Purpose: Predict if water is safe for consumption.
Usage: Instructions on how to run the script.
Dependencies: List of required libraries.

2. Employee Turnover Prediction

The hr.py script. This project involves predicting employee turnover rates.

Purpose: Predict the likelihood of employees leaving the company.
Usage: Instructions on how to run the script.
Dependencies: List of required libraries.

3. Sales Prediction Based on Ad Spend

The ads.py script. This project involves predicting sales based on advertising spend.

Purpose: Forecast sales figures based on ad expenditures.
Usage: Instructions on how to run the script.
Dependencies: List of required libraries.

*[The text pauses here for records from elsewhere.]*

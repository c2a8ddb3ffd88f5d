// Steps on a line's record that is lent, of the events that come with slices.
#![tactic(auto, using(lent::proofs::Leaving::left_by, lent::proofs::Leaving::left_named))]

ghost use Rattle.std.specs.Prelude.{[], ◌≡◌, ◌≤◌, length};
ghost use Rattle.network.specs.Name.{name_room};
ghost use Rattle.record.specs.Line.{line_of};
ghost use Rattle.response.specs.Response.{reply_room};
ghost use Rattle.rules.specs.Answer.{numbers_of, part_named, PartWithin};
ghost use Rattle.rules.specs.Call.{address, country, eap, reply, start};
ghost use Rattle.step.specs.Step.{effect};
ghost use Rattle.lent.specs.Left.{action_told, effect_left};

use lent::{keep, on_record};
use record::Record;
use refusal::Refusal;
use rules::{Action, StartNumbers};
use session::eap_packet;
use whole::{address_answer, country_answer};

// A closure that writes to a buffer would promise nothing of it, so the steps with a buffer are called here.

// Start on a lent record.
pub fn on_start(
    line: &mut Record,
    time: u64,
    given: StartNumbers,
    text: &[u8],
    name: &mut [u8],
) -> Result<Action, Refusal>
    requires { name_room ≤ length name.old }
    ensures name_after { effect_left result line.new (part_named (numbers_of (action_told result)) text.now name.new []) name.new ≡ effect (start given text.now (length name.old)) time (line_of line.old) }
    ensures part_within { PartWithin (numbers_of (action_told result)) text.now name.new [] }
{
    let stepped = whole::start(*line, time, given, text, name);
    keep(line, stepped)
}

// The country answer on a lent record.
pub fn on_country(
    line: &mut Record,
    time: u64,
    replied: u64,
    networks: &[u8],
    text: &[u8],
    name: &mut [u8],
) -> Result<Action, Refusal>
    requires { name_room ≤ length name.old }
    ensures name_after { effect_left result line.new (part_named (numbers_of (action_told result)) text.now name.new []) name.new ≡ effect (country replied networks.now text.now (length name.old)) time (line_of line.old) }
    ensures part_within { PartWithin (numbers_of (action_told result)) text.now name.new [] }
{
    let stepped = country_answer(*line, time, replied, networks, text, name);
    keep(line, stepped)
}

// The address answer on a lent record.
pub fn on_address(line: &mut Record, time: u64, addresses: &[u8]) -> Result<Action, Refusal>
    ensures { effect_left result line.new [] [] ≡ effect (address addresses.now) time (line_of line.old) }
{
    on_record(line, |record| address_answer(record, time, addresses))
}

// An EAP packet on a lent record.
pub fn on_eap(line: &mut Record, time: u64, packet: &[u8]) -> Result<Action, Refusal>
    ensures packet_after { effect_left result line.new (part_named (numbers_of (action_told result)) [] [] packet.now) [] ≡ effect (eap packet.now) time (line_of line.old) }
    ensures part_within { PartWithin (numbers_of (action_told result)) [] [] packet.now }
{
    on_record(line, |record| eap_packet(record, time, packet))
}

// A reply on a lent record.
pub fn on_reply(
    line: &mut Record,
    time: u64,
    parameters: &[u8],
    nas: &[u8],
    buffer: &mut [u8],
) -> Result<Action, Refusal>
    requires { reply_room ≤ length buffer.old }
    ensures { effect_left result line.new [] buffer.new ≡ effect (reply parameters.now nas.now (length buffer.old)) time (line_of line.old) }
{
    let stepped = session::reply(*line, time, parameters, nas, buffer);
    keep(line, stepped)
}
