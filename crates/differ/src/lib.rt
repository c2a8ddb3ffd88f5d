// Numbers in eight places, put there and compared with each other in few instructions.
#![tactic(auto)]

ghost use Rattle.std.specs.Prelude.{cond, ◌≡◌, ◌≤◌};
ghost use Rattle.differ.specs.Differ.{all_differ, differs_on, places, Twice};
ghost use Rattle.octets.specs.Search.{all};

// How many places there are: as many as a line has room for holds, and for children.
const PLACES: usize = 8;

// The first of two numbers where a test passes, else the second.
pub fn pick(b: bool, x: u64, y: u64) -> u64
    ensures { result ≡ cond b x y }
{
    if b { x } else { y }
}

// The numbers twice over, so that each place has all the others behind it.
fn twice(w: [u64; PLACES]) -> [u64; 2 * PLACES]
    ensures { Twice w result }
{
    [
        w[0], w[1], w[2], w[3], w[4], w[5], w[6], w[7], w[0], w[1], w[2], w[3], w[4], w[5], w[6],
        w[7],
    ]
}

// Whether each of the first eight numbers is another than the one d places on.
fn differ_on(v: [u64; 2 * PLACES], d: usize) -> bool
    requires { d ≤ places }
    ensures { result ≡ all places (differs_on v d) }
{
    let mut differ = true;
    for i in 0..PLACES {
        differ &= v[i] != v[i + d];
    }
    differ
}

// Whether no two places hold the same number.
pub fn all_differ(w: [u64; PLACES]) -> bool
    ensures { result ≡ all_differ w }
{
    let v = twice(w);
    differ_on(v, 1) & differ_on(v, 2) & differ_on(v, 3) & differ_on(v, 4)
}
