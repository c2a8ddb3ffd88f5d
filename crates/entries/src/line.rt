// Lines of the configuration text, each begun by its word.
ghost use Rattle.std.specs.Prelude.{◌≤◌, length};
ghost use Rattle.entries.specs.Branch.{BeginsIs, HomeIs, ListedIs};
ghost use Rattle.config.specs.declared.Kind.TheVariants as Kind;

use entry::field::Preferred;
use entry::{NEWLINE, TAB};
use fields::field::Field;
use fields::read::{plmn_at, priority_at};
use network::Plmn;

// The octets of the word `bar` and a tab.
const BEHIND_BAR: usize = 4;

// The octets of the word `home` or `plmn` and a tab.
const BEHIND_WORD: usize = 5;

// Whether octets stand at a place.
pub(crate) fn begins(text: &[u8], at: usize, octets: &[u8]) -> bool
    requires { at ≤ length text.now }
    ensures { BeginsIs text.now at octets.now result }
{
    text[at..].starts_with(octets)
}

// A `bar` entry at a place, which has priority 0.
pub fn bar_at(text: &[u8], at: usize) -> Option<Field<Preferred>>
    requires { at ≤ length text.now }
    ensures { ListedIs Kind.Bar text.now at result }
{
    if !begins(text, at, b"bar\t") {
        return None;
    }
    let plmn = plmn_at(text, at + BEHIND_BAR, NEWLINE)?;
    Some(Field {
        value: Preferred {
            plmn: plmn.value,
            priority: 0,
        },
        next: plmn.next,
    })
}

// A `plmn` entry at a place.
pub fn preference_at(text: &[u8], at: usize) -> Option<Field<Preferred>>
    requires { at ≤ length text.now }
    ensures { ListedIs Kind.Plmn text.now at result }
{
    if !begins(text, at, b"plmn\t") {
        return None;
    }
    let plmn = plmn_at(text, at + BEHIND_WORD, TAB)?;
    let priority = priority_at(text, plmn.next)?;
    Some(Field {
        value: Preferred {
            plmn: plmn.value,
            priority: priority.value,
        },
        next: priority.next,
    })
}

// `home` at the start of the text: its PLMN.
pub fn home_at(text: &[u8]) -> Option<Field<Plmn>>
    ensures { HomeIs text.now result }
{
    if !begins(text, 0, b"home\t") {
        return None;
    }
    plmn_at(text, BEHIND_WORD, NEWLINE)
}
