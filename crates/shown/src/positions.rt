// Where the events of a log stand among the positions of a run, with those that were not received put in: an event with a number is as far behind the first as
// its number is, and without numbers none is missing.
ghost use Rattle.std.specs.Prelude.{◌≡◌, ◌<◌, length};
ghost use Rattle.text.specs.Number.{width_of};
ghost use Rattle.event_log.specs.Read.{event_at, whole_lines};
ghost use Rattle.shown.specs.Positions.{behind_of, position_of, later_of, mark_of};
ghost use Rattle.shown.specs.Tests.{agree_of};

use crate::agree_at;
use event_log::Num;

// How far a number is behind the first event's.
fn behind(first: Num, number: u32) -> usize
    ensures { result ≡ behind_of first number }
{
    match first {
        Num::Expected => number as usize,
        Num::Given(begun) => { number.saturating_sub(begun) as usize }
    }
}

// The position of a line's event.
fn position(first: Num, num: Num, line: usize) -> usize
    ensures { result ≡ position_of first num line }
{
    match num {
        Num::Expected => line,
        Num::Given(number) => behind(first, number),
    }
}

// The position of a restart, and else the one so far.
fn later(restart: bool, at: usize, mark: usize) -> usize
    ensures { result ≡ later_of restart at mark }
{
    if restart { at } else { mark }
}

// The position at which the rule is judged: the last restart's, and the first where there is none.
pub fn mark_of(log: &[u8], props: usize) -> usize
    ensures { result ≡ mark_of (event_at (width_of props) log.now) (whole_lines (width_of props) log.now) }
{
    let lines = log.len() / event_log::line_bytes(log, props);
    let first = event_log::event_at(log, 0, props).num;
    (0..lines).fold(0, |mark, n| {
        let event = event_log::event_at(log, n, props);
        later(event.new, position(first, event.num, n), mark)
    })
}

// The run agrees with each event at its position, round the loop where there are more positions than states.
pub fn agree(label: &[u16], run: &[u8], stem: usize, log: &[u8], props: usize) -> bool
    requires { stem < length run.now }
    ensures { result ≡ agree_of label.now run.now stem (event_at (width_of props) log.now) (whole_lines (width_of props) log.now) }
{
    let lines = log.len() / event_log::line_bytes(log, props);
    let first = event_log::event_at(log, 0, props).num;
    (0..lines).all(|n| {
        let event = event_log::event_at(log, n, props);
        agree_at(
            label,
            run,
            stem,
            position(first, event.num, n),
            event.see,
            event.val,
        )
    })
}
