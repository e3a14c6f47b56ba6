// Whether a run that a report shows is one of the kind claimed, by the meaning of runs and rules alone: no monitor is asked. Where it is not, the first of the five
// rules that it fails.
#![tactic(auto)]

pub mod positions;

ghost use Rattle.std.specs.Prelude.{◌≡◌, ◌≤◌, ◌<◌, ◌+◌, length, get_or};
ghost use Rattle.meaning.specs.Bit.{bit};
ghost use Rattle.text.specs.Number.{width_of};
ghost use Rattle.event_log.specs.Read.{event_at, whole_lines};
ghost use Rattle.shown.specs.Tests.{starts_of, move_at, moves_of, meets_of, fair_of, agrees_at, kept_of, checked_of};
ghost use Rattle.shown.specs.Right.{Means};

use around::place_of;
use around::run::holds_on_run;
use plant::Plant;
use positions::agree;
use syntax::Rule;

// The rules that a run may fail, in the order in which they are looked at.
#[derive(Clone, Copy)]
pub enum Failing {
    Start,
    Moves,
    Fairness,
    Agreement,
    Value,
}

// The state at a place of the run, and 0 beyond.
fn state_at(run: &[u8], at: usize) -> usize
    ensures { result ≡ get_or run.now at 0 }
{
    usize::from(run.get(at).copied().unwrap_or(0))
}

// Entry k of a table, and 0 beyond its end.
fn entry(table: &[u16], k: usize) -> u16
    ensures { result ≡ get_or table.now k 0 }
{
    table.get(k).copied().unwrap_or(0)
}

// Whether the state is in the set.
fn member(set: u64, state: usize) -> bool
    ensures { result ≡ bit set state }
{
    state < 64 && words::has(set, state)
}

// There is a first state, it is the table's, and a starting state.
#[tactic(auto, unfolding(crate::specs::Tests::starts_of))]
pub fn starts(start: u64, states: usize, run: &[u8]) -> bool
    ensures { result ≡ starts_of start states run.now }
{
    let first = state_at(run, 0);
    !run.is_empty() && first < states && member(start, first)
}

// The state at position i is the table's, and the next may follow it.
fn move_at(next: &[u64], states: usize, run: &[u8], stem: usize, i: usize) -> bool
    requires { (stem < length run.now) × (i < length run.now) }
    ensures { result ≡ move_at next.now states run.now stem i }
{
    let from = state_at(run, i);
    let to = state_at(run, place_of(stem, run.len(), i + 1));
    from < states && member(words::entry(next, from), to)
}

// There is a loop, and the table has each move of the run.
pub fn moves(next: &[u64], states: usize, run: &[u8], stem: usize) -> bool
    ensures { result ≡ moves_of next.now states run.now stem }
{
    stem < run.len() && (0..run.len()).all(|i| move_at(next, states, run, stem, i))
}

// The loop meets the set.
fn meets(set: u64, run: &[u8], stem: usize) -> bool
    ensures { result ≡ meets_of set run.now stem }
{
    run.iter()
        .skip(stem)
        .any(|state| member(set, usize::from(*state)))
}

// The loop meets each fairness set.
pub fn is_fair(fair: &[u64], run: &[u8], stem: usize) -> bool
    ensures { result ≡ fair_of fair.now run.now stem }
{
    fair.iter().all(|set| meets(*set, run, stem))
}

// The state at position i agrees with an event that saw `see`, and of it `val` to hold.
pub fn agree_at(label: &[u16], run: &[u8], stem: usize, i: usize, see: u16, val: u16) -> bool
    requires { stem < length run.now }
    ensures { result ≡ agrees_at label.now run.now stem i see val }
{
    let state = state_at(run, place_of(stem, run.len(), i));
    (entry(label, state) ^ val) & see == 0
}

// The value is the one asked.
fn kept(asked: bool, value: bool) -> bool
    ensures { result ≡ kept_of asked value }
{
    value == asked
}

// The first rule that the run fails, or none: the start, the moves, fairness, agreement with the events, and whether the rule holds at the
// position `mark` (`keeps`) or not.
pub fn check_run(
    plant: Plant,
    fair: &[u64],
    label: &[u16],
    next: &[u64],
    rule: Rule,
    log: &[u8],
    mark: usize,
    keeps: bool,
    run: &[u8],
    stem: usize,
) -> Result<(), Failing>
    requires { (rule.len ≤ 32) × (length run.now ≤ 4096) }
    ensures is { result ≡ checked_of plant fair.now label.now next.now rule
        (event_at (width_of plant.props) log.now) (whole_lines (width_of plant.props) log.now) mark keeps run.now stem }
    ensures means { Means plant fair.now label.now next.now rule
        (event_at (width_of plant.props) log.now) (whole_lines (width_of plant.props) log.now) mark keeps run.now stem result }
{
    if !starts(plant.start, plant.states, run) {
        return Err(Failing::Start);
    }
    if !moves(next, plant.states, run, stem) {
        return Err(Failing::Moves);
    }
    if !is_fair(fair, run, stem) {
        return Err(Failing::Fairness);
    }
    if !agree(label, run, stem, log, plant.props) {
        return Err(Failing::Agreement);
    }
    if !kept(keeps, holds_on_run(rule, label, run, stem, mark)) {
        return Err(Failing::Value);
    }
    Ok(())
}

4. Diabetes Prediction Model

The diabetes.py script. This project involves predicting diabetes based on health metrics.

Purpose: Predict the likelihood of diabetes.
Usage: Instructions on how to run the script.
Dependencies: List of required libraries.

Water Potability Prediction

This project aims to classify water samples as potable (drinkable) or non-potable using machine learning models. It compares the performance of different models using the Receiver Operating Characteristic (ROC) curve.

Overview

The project builds two main models:

Logistic Regression
Support Vector Machine (SVM)

The performance of these models is evaluated using ROC curves and their respective Area Under the Curve (AUC) scores.

ROC Curve Analysis

The ROC curve is used to evaluate the performance of the classification models by plotting the True Positive Rate (TPR) against the False Positive Rate (FPR). A better performing model will have a curve that hugs the top-left corner of the graph, indicating high sensitivity with a low false positive rate.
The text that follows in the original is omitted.